> **The records**
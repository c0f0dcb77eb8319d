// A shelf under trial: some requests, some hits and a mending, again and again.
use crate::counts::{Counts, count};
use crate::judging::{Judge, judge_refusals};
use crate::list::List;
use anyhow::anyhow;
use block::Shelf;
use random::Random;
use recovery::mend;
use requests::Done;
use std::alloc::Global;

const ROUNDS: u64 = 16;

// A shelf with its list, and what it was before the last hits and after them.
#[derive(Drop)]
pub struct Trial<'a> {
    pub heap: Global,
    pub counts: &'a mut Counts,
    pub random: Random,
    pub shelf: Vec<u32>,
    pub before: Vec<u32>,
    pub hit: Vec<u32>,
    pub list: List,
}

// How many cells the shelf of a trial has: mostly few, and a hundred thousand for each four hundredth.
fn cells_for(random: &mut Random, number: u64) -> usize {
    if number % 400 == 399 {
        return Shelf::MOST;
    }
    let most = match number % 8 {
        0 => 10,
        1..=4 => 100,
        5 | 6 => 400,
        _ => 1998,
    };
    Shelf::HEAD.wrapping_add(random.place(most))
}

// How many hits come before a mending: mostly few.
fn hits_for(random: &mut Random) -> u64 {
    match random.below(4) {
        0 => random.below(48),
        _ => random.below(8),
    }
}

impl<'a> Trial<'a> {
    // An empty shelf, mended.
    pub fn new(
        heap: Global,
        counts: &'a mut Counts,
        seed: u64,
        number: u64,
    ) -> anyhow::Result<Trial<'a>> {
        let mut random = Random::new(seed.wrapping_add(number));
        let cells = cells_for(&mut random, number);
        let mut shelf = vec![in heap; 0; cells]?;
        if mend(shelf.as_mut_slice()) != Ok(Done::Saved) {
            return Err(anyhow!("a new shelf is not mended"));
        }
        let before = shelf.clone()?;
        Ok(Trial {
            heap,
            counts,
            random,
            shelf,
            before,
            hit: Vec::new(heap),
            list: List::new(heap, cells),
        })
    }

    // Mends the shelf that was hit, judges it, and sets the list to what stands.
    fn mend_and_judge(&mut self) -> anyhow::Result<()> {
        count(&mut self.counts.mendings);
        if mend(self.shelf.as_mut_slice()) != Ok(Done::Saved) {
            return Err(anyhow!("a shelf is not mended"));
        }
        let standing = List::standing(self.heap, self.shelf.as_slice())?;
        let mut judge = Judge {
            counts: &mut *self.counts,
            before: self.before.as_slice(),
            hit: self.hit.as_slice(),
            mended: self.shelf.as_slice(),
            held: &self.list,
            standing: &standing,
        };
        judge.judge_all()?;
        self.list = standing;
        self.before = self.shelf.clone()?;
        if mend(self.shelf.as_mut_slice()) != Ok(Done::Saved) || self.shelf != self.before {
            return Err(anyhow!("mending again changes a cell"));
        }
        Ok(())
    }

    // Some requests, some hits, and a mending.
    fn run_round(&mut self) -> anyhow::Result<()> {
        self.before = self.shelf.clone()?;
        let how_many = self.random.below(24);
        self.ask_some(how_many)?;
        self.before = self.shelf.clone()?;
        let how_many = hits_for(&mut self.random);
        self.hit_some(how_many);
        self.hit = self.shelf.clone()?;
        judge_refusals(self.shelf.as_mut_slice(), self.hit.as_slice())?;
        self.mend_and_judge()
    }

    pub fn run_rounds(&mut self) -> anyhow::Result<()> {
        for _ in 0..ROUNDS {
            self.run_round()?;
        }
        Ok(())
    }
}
---
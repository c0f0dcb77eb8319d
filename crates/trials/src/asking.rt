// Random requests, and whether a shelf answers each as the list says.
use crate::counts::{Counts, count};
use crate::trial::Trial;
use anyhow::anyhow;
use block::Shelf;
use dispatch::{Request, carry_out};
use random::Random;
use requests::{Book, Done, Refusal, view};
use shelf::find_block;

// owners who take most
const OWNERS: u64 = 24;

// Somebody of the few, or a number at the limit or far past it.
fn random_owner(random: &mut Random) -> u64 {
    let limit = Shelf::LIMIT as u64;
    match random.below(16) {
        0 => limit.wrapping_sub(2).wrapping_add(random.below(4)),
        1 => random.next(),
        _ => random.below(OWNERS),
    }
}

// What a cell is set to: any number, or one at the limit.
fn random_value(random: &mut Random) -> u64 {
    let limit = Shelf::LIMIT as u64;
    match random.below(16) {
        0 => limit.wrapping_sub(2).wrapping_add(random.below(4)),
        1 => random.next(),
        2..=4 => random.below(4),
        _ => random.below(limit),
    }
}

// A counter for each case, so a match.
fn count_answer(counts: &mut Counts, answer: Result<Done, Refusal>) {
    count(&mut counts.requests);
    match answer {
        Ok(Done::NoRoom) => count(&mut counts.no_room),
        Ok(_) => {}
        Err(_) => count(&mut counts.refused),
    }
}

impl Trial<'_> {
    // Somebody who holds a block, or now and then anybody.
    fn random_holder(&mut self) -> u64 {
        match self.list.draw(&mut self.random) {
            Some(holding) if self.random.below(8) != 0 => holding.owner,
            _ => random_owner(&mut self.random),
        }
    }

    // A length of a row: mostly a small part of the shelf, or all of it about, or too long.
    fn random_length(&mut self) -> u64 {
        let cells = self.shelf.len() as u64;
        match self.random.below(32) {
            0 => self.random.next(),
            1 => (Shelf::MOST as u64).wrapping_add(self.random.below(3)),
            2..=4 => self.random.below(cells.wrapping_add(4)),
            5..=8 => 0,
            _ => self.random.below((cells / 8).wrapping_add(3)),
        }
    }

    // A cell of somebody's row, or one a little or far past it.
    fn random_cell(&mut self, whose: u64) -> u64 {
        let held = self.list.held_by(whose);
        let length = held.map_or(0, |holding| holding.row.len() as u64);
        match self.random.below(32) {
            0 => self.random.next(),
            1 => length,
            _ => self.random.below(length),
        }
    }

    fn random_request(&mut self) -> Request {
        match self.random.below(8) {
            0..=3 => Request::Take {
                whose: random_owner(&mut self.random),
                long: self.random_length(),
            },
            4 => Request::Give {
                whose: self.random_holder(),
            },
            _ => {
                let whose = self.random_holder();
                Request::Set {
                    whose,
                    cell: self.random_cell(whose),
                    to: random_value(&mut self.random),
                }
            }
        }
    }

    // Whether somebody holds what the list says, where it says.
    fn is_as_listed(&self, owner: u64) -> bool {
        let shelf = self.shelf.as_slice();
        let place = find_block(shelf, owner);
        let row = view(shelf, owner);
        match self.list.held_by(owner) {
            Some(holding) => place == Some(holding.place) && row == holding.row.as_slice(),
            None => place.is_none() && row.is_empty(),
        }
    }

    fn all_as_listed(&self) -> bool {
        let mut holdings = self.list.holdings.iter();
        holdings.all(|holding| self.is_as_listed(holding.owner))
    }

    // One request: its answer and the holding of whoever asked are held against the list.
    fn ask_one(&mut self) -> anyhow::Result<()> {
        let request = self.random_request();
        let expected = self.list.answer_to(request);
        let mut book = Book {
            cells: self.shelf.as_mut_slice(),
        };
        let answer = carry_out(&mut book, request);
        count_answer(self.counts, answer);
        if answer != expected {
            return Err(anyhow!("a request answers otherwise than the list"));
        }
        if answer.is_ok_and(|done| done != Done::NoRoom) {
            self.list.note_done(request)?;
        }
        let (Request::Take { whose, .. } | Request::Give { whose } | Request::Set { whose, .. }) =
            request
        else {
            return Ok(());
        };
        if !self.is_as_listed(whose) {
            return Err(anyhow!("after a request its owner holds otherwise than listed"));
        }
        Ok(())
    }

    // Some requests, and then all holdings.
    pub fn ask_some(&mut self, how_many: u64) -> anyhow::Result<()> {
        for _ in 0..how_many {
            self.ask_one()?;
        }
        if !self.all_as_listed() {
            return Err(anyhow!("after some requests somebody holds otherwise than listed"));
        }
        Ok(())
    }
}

> **Your task**
Could you return the lines in the entries above that contain "Result"?

> **Response area**
    ) -> anyhow::Result<Trial<'a>> {
    fn mend_and_judge(&mut self) -> anyhow::Result<()> {
    fn run_round(&mut self) -> anyhow::Result<()> {
    pub fn run_rounds(&mut self) -> anyhow::Result<()> {
fn count_answer(counts: &mut Counts, answer: Result<Done, Refusal>) {
    fn ask_one(&mut self) -> anyhow::Result<()> {
    pub fn ask_some(&mut self, how_many: u64) -> anyhow::Result<()> {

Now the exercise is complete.